Judul: Gemblak, Tragedi Cinta Budak Homoseks • Penulis: Enang Rokajat Asura • Penerbit: Edelweiss, 2008 • Tebal: 262 hal
Novel yang beberapa bagiannya ini pernah dipublikasikan dalam cerita bersambung Tabloid Nova ini, memberikan gambaran yang cukup detil mengenai kehidupan seorang warok. Gemblak adalah anak lelaki peliharaan seorang warok untuk mempertahankan kesaktiannya.
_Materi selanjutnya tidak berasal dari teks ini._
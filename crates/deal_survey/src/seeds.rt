//! The seeds of a range, judged one after the other.
ghost use Rattle.std.specs.Prelude.{◌≡◌, ◌↔◌, ℕ, ◌+◌, ◌<◌, ◌≤◌, ◌^◌, ◌++◌, length, IfOk, OnOk, OnErr};
ghost use Rattle.deal_survey.specs.declared.judge.Judged.{Judged};
ghost use Rattle.deal_survey.specs.Answers.{AreAllowed, added};
ghost use Rattle.deal_survey.specs.Counting.{counts_of};

use crate::counts::count as count_answers;
use crate::{Counts, Judge, Judged};
use outside_io::SinkNoMemory;

/// Appends an answer for each of the `count` seeds from `from` on, in order. After a refusal a part of them may be
/// appended.
fn judge_each<J: Judge>(
    judge: &mut J,
    from: u64,
    count: u32,
    out: &mut Vec<Judged>,
) -> Result<(), SinkNoMemory>
    requires seeds { from + count ≤ 2 ^ 64 }
    ensures grew { out.new.items ≡ out.old.items ++ added out.old.items out.new.items }
    ensures one_each { OnOk result (length (added out.old.items out.new.items) ≡ count) }
    ensures allowed { AreAllowed (J.allows judge.old) from (added out.old.items out.new.items) }
    ensures same { (seed : ℕ) (judged : Judged)
        → J.allows judge.new seed judged ↔ J.allows judge.old seed judged }
{
    for place in 0..count {
        let judged = judge.judge(from + place as u64)?;
        out.push(judged)?;
    }
    Ok(())
}

/// Judges `count` seeds from `from` on, one after the other, and appends the answers in that order: the answer at
/// place `i` of them is for the seed `from + i`. The result counts them. There are 1 to 10,000 seeds, and the last of
/// them is a `u64`.
///
/// A refusal comes for want of memory alone: that of the Judge, or of `out`. Then `out` is as before, and of the Judge
/// what it allows.
pub fn survey<J: Judge>(
    judge: &mut J,
    from: u64,
    count: u32,
    out: &mut Vec<Judged>,
) -> Result<Counts, SinkNoMemory>
    requires some { 1 ≤ count }
    requires few { count ≤ 10000 }
    requires seeds { from + count ≤ 2 ^ 64 }
    ensures grew { OnOk result
        (out.new.items ≡ out.old.items ++ added out.old.items out.new.items) }
    ensures one_each { OnOk result (length (added out.old.items out.new.items) ≡ count) }
    ensures allowed { OnOk result
        (AreAllowed (J.allows judge.old) from (added out.old.items out.new.items)) }
    ensures counted { IfOk result (λ counts. counts ≡ counts_of (added out.old.items out.new.items)) }
    ensures sum { IfOk result
        (λ counts. counts.winnable + counts.unwinnable + counts.undecided ≡ count) }
    ensures untouched { OnErr result (out.new.items ≡ out.old.items) }
    ensures same { (seed : ℕ) (judged : Judged)
        → J.allows judge.new seed judged ↔ J.allows judge.old seed judged }
{
    let start = out.len();
    match judge_each(judge, from, count, out) {
        Ok(()) => Ok(count_answers(&out[start..])),
        Err(refusal) => {
            out.truncate(start);
            Err(refusal)
        }
    }
}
Tugas utama gemblak adalah melayani kebutuhan seks seorang warok.
Gemblak, jimat dan reyog, tiga hal yang tidak dapat dipisahkan dari kehidupan warok. Penggemblakan merupakan praktek homoseksual yang diterima begitu saja, bahkan diakui oleh sebuah masyarakat di daerah Jawa Timur sebagai bagian tradisi mereka. Tradisi “cabul” semacam ini sepertinya dilegitimasi oleh masyarakat sebagai suatu tradisi yang harus dilestarikan. Contoh lain, misalnya tradisi bukak kelambu bagi seorang ronggeng, yaitu tradisi “memerawani” seorang ronggeng yang masih gadis yang dilakukan dengan cara dilelang, siapa yang berani bayar mahal dialah yang berhak mendapatkan keperawanan si ronggeng (kisah ini diangkat menjadi sebuah novel Ronggeng Dukuh Paruk – Ahmad Tohari). Atau tradisi melakukan “persetubuhan” dengan orang lain di wilayah Gunung Kemukus Sragen untuk mendapatkan berkah dan kekayaan, yang sebenarnya hal itu merupakan bentuk prostitusi terselubung.
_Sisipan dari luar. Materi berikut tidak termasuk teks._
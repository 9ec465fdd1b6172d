//! A survey: the deals of a range of seeds, judged one after the other and counted.
//!
//! Means: a Judge is which verdicts it may give for each seed; a survey is one answer a seed, and their counts.
//! Above: each answer is one that the Judge allows for its seed, and each count is the number of its answers.
//! Refuses: for want of memory alone, and then the list of answers is as before.
//! Not promised: how long a survey takes, and how a Judge stands after it but for what it allows.
#![tactic(auto)]

mod counts;
mod judge;
mod laws;
mod seeds;
mod write;

pub use counts::Counts;
pub use judge::{Judge, Judged};
pub use laws::counts_add_up;
pub use seeds::survey;
pub use write::write_survey;

#[cfg(test)]
mod tests;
Tradisi gemblak inilah yang diceritakan oleh penulisnya. Bermula dari himpitan ekonomi dan pesoalan sosial, di mana kemiskinan selalu dikalahkan oleh orang-orang kaya, Sapto Linggo, sang tokoh utama harus merelakan dirinya menjadi seorang gemblak Hardo Wiseso, warok sakti mandraguna dari daerah Maguan. Sapto Linggo menjadi gemblak kesayangan Wiseso.Dia dimanjakan bahkan disekolahkan oleh Wiseso.
Di satu sisi, Hardo Wiseso melanggar pantangan yang ditetapkan oleh leluhurnya, bahwa seorang warok dilarang mempunyai istri, bahkan mempunyai anak yang bernama Lastri. Sapto Linggo kerap disiksa oleh Wiseso setelah ketahuan kalau dia jatuh cinta kepada Lastri, anak perempuannya. Akhirnya, Sapto Linggo dan Lastri, minggat dan kawin tanpa restu Wiseso. Persoalan tidak berakhir di situ, ternyata dendam kesumat masih ada di dada Wiseso. Prapto, adik Sapto Linggo dipaksa oleh Wiseso untuk dijadikan gemblaknya. Lagi-lagi, orang lemah dikalahkan oleh kekuasaan seorang warok.
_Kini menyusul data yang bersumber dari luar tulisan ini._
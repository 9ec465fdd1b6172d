//! A survey as text.
ghost use Rattle.std.specs.Prelude.{◌≡◌, ◌+◌, ◌≤◌, ◌^◌, ◌++◌, length, IfOk, string_bytes};
ghost use Rattle.deal_survey.specs.SurveyText.{survey_text, seed_lines};

use crate::{Counts, Judged};
use outside_io::SinkNoMemory;
use std::alloc::{AllocError, Global};
use std::fmt::Write;

/// Appends a line for each answer: its seed, a blank and its word. The first answer is for the seed `from`.
fn push_seeds(text: &mut String, from: u64, answers: &[Judged]) -> Result<(), AllocError>
    requires seeds { from + length answers.now ≤ 2 ^ 64 }
    ensures { IfOk result
        (λ _. string_bytes text.new ≡ string_bytes text.old ++ seed_lines from answers.now) }
{
    for (place, judged) in answers.iter().enumerate() {
        let seed = from + place as u64;
        write!(text, "{seed} {judged}\n")?;
    }
    Ok(())
}

/// The text of a survey: `survey`, how many seeds there are and how many of each verdict, each on a line of its own,
/// and then a line for each answer, its seed and its verdict's word. The first answer is for the seed `from`. There
/// are 1 to 10,000 answers, and the last seed is a `u64`.
#[tactic(auto, unfolding(crate::specs::SurveyText::survey_text))]
pub fn write_survey(
    alloc: Global,
    from: u64,
    counts: &Counts,
    answers: &[Judged],
) -> Result<Vec<u8>, SinkNoMemory>
    requires some { 1 ≤ length answers.now }
    requires few { length answers.now ≤ 10000 }
    requires seeds { from + length answers.now ≤ 2 ^ 64 }
    ensures { IfOk result (λ text. text.items ≡ survey_text from counts.now answers.now) }
{
    let seeds = answers.len();
    let Counts {
        winnable,
        unwinnable,
        undecided,
    } = *counts;
    let mut text = format!(in alloc;
        "survey\nseeds {seeds}\nwinnable {winnable}\nunwinnable {unwinnable}\nundecided {undecided}\n"
    )?;
    push_seeds(&mut text, from, answers)?;
    Ok(text.into_bytes())
}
Meskipun nantinya Wiseso tewas dalam pertempuran dengan kakak seperguruannya, Eyang Legong, tetapi Sapto dan Lastri mendapatkan karma. Anak mereka, yang diberi nama Toenggoel, kulitnya hitam, kepalanya lebih besar dari ukuran normal dan matanya juga menonjol keluar. Kakinya juga bengkok. Bahkan semakin diperhatikan ternyata tubuh anaknya itu dipenuhi dengan bulu yang lebat. Ia lebih mirip topeng dalam reyogan. Inikah karma, akibat kelakuannya sebagai gemblak di masa lalu? Apa ini peringatan karena telah menikahi Lastri tanpa izin orang tuanya? Kenapa kesombongan dan keangkuhan Wiseso, harus diperhitungkan dengan memberinya anak yang cacat?
Sayang, novel bagus ini tidak diimbangi dengan mutu cetakan dan masih banyak salah cetak serta rancunya penggunaan kata “aku” dan “saya” terutama dalam percakapan antara Sapto Linggo dan simboknya.